*** Exercise data Section Begins ***

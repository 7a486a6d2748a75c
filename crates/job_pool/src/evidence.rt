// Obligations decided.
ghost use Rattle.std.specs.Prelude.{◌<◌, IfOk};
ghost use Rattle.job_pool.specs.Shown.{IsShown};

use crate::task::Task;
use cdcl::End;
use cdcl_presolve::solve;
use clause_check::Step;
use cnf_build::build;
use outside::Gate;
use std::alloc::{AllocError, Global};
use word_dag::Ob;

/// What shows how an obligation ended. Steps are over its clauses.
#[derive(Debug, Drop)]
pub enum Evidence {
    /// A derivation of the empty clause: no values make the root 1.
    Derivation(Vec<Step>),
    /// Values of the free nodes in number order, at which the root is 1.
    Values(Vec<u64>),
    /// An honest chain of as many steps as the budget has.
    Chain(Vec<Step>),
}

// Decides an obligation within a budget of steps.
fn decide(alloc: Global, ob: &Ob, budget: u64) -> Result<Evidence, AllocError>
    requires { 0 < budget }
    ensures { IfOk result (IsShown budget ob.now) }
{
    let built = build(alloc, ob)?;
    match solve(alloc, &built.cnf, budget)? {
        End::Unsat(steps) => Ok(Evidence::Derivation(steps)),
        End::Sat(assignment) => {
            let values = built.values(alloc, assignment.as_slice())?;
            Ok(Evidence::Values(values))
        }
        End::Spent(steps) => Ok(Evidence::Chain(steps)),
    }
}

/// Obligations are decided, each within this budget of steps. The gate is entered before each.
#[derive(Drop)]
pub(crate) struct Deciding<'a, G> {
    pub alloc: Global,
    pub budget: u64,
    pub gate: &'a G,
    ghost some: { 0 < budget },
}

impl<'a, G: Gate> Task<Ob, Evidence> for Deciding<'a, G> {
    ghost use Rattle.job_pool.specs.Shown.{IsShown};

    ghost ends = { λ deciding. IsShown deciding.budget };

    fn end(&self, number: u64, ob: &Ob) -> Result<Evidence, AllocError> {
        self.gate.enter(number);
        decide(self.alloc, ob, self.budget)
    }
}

*** Exercise data Section Ends ***

Where a line above holds the string "Obligations", show that line.

**Finished exercise**
// Obligations decided.
/// Obligations are decided, each within this budget of steps. The gate is entered before each.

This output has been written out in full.